2D Rayleigh-Bénard convection

One of the most striking features of Rayleigh-Bénard flow is the emergence of a large scale convection roll. This roll is driven by small scale thermal plumes detaching from the thermal boundary layers at the top and bottom. Remarkably, under certain conditions the large scale convection roll can reverse its direction. For example for Γ= 1, Pr = 4.3 (typical for warm water), and Ra = 10⁸ spontaneous reversals of the large scale convection roll occur (see figure 1 and Sugiyama et al., Phys. Rev. Lett. 105, 034503 (2010)), whereas for slightly larger Ra = 5x10⁸ or for slightly smaller Pr = 0.7 (typical for gas) these reversals are suppressed. We found that the corner flows, which establish themselves next to the large scale convection roll (see figure 1), play a central role: They are fed by the detaching thermal plumes, but also loose energy towards the large scale roll. Once the feeding process overwhelms the heat leakage the corner flows can build up and eventually take over, leading to a reversal of the large scale wind [1]. For a press release about this work see FOM press release (in Dutch).

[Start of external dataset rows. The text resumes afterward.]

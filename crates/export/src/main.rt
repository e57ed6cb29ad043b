// Prints the flat file of the image on standard input. All but reading and writing is `converting::export`.
#![tactic(auto)]

use printing::input::answer_input;
use std::io;

#[tactic(auto, using(printing::proofs::Fits::fits))]
fn main(rt: HostRuntime) -> io::Result<()> {
    answer_input(&rt, &mut [0u8; 65536], converting::export)
}
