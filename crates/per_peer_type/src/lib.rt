// The type of a peer and its flags: the first two bytes of a per-peer header (RFC 7854, section 4.2; RFC 8671; RFC 9069).
#![tactic(auto)]

ghost use Rattle.std.specs.Prelude.{◌≡◌};
ghost use Rattle.per_peer_type.specs.Peer.{type_of, kind_of, flag_l, flag_o, flag_f, address_family, asn_length};

use models::{Afi, AsnLength};

// The types of peers, by their numbers from 0 on.
#[derive(Clone, Copy, PartialEq, Eq, Debug)]
pub enum BmpPeerType {
    Global,
    RD,
    Local,
    LocalRib,
}

// The last of the types that are known, and the one whose header is another.
pub const LOCAL_RIB: u8 = 3;

impl BmpPeerType {
    // The number that stands for the type on the wire.
    #[tactic(auto, unfolding(crate::specs::Peer::kind_of))]
    pub fn number(self) -> u8
        ensures { result ≡ kind_of self }
    {
        match self {
            BmpPeerType::Global => 0,
            BmpPeerType::RD => 1,
            BmpPeerType::Local => 2,
            BmpPeerType::LocalRib => LOCAL_RIB,
        }
    }
}

// The name of a type by its number; a number above the last is refused before it is named, and has the last name.
#[tactic(auto, unfolding(crate::specs::Peer::type_of))]
pub fn type_of(kind: u8) -> BmpPeerType
    ensures { result ≡ type_of kind }
{
    match kind {
        0 => BmpPeerType::Global,
        1 => BmpPeerType::RD,
        2 => BmpPeerType::Local,
        _ => BmpPeerType::LocalRib,
    }
}

// The flags as they stand in the header, with the bits that have no meaning. What a bit means depends on the type of the peer: V, L, A
// and O are of types 0 to 2, F is of a Loc-RIB.
#[derive(Clone, Copy, PartialEq, Eq, Debug)]
pub struct PerPeerFlags(pub u8);

const ADDRESS_FAMILY_IPV6: u8 = 0b1000_0000;

const IS_POST_POLICY: u8 = 0b0100_0000;

const AS_SIZE_16BIT: u8 = 0b0010_0000;

const IS_ADJ_RIB_OUT: u8 = 0b0001_0000;

const IS_FILTERED: u8 = 0b1000_0000;

impl PerPeerFlags {
    // The V flag: the family of the peer's address. Of a Loc-RIB the same bit is the F flag.
    pub fn address_family(self) -> Afi
        ensures { result ≡ address_family self.0 }
    {
        if self.0 & ADDRESS_FAMILY_IPV6 != 0 {
            Afi::Ipv6
        } else {
            Afi::Ipv4
        }
    }

    // The L flag: whether the routes are those after the policy.
    pub fn is_post_policy(self) -> bool
        ensures { result ≡ flag_l self.0 }
    {
        self.0 & IS_POST_POLICY != 0
    }

    // The A flag: how wide the AS numbers are.
    pub fn asn_length(self) -> AsnLength
        ensures { result ≡ asn_length self.0 }
    {
        if self.0 & AS_SIZE_16BIT != 0 {
            AsnLength::Bits16
        } else {
            AsnLength::Bits32
        }
    }

    // The O flag: whether the routes are those of the Adj-RIB-Out (RFC 8671, section 4).
    pub fn is_adj_rib_out(self) -> bool
        ensures { result ≡ flag_o self.0 }
    {
        self.0 & IS_ADJ_RIB_OUT != 0
    }

    // The F flag, which speaks of a Loc-RIB, type 3, alone: whether its routes are filtered (RFC 9069, section 4.2).
    pub fn is_filtered(self) -> bool
        ensures { result ≡ flag_f self.0 }
    {
        self.0 & IS_FILTERED != 0
    }
}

FIG. 1. Top panel: Snapshots of the temperature (color) and velocity (arrows) field and time trace of angular momentum from numerical simulations (Ra=10⁸ and Pr = 4.3). Bottom panel: Snapshots of the velocity field and time trace of angular momentum from experiment (Ra=3.8x10⁸ and Pr=5.7). (a), (b), and (c) show the instantaneous dimensionless temperature (T-T_t)=Δ distribution. (d) shows the temporal change of the dimensionless angular momentum L(t)=L₀, where L₀ is the maximum of the absolute value of L. The positive and negative signs indicate the anti-clockwise and clockwise circulations, respectively. (e), (f), and (g) show the PIV-measured instantaneous velocity field and (h) the normalized instantaneous angular momentum L(t)=L₀. The color bar indicates the magnitude of the velocity (in unit of cm/sec). The snapshots in (a), (b), and (c) give numerical, and those in (e), (f), and (g) give experimental examples of the large scale circulation before, during and after a reversal process, as indicated in (d) and (h) respectively. Note that (b) and (f) show clearly the key role played by the growth of the corner rolls in the reversal process. Figure taken from Sugiyama et al., Phys. Rev. Lett. 105, 034503 (2010).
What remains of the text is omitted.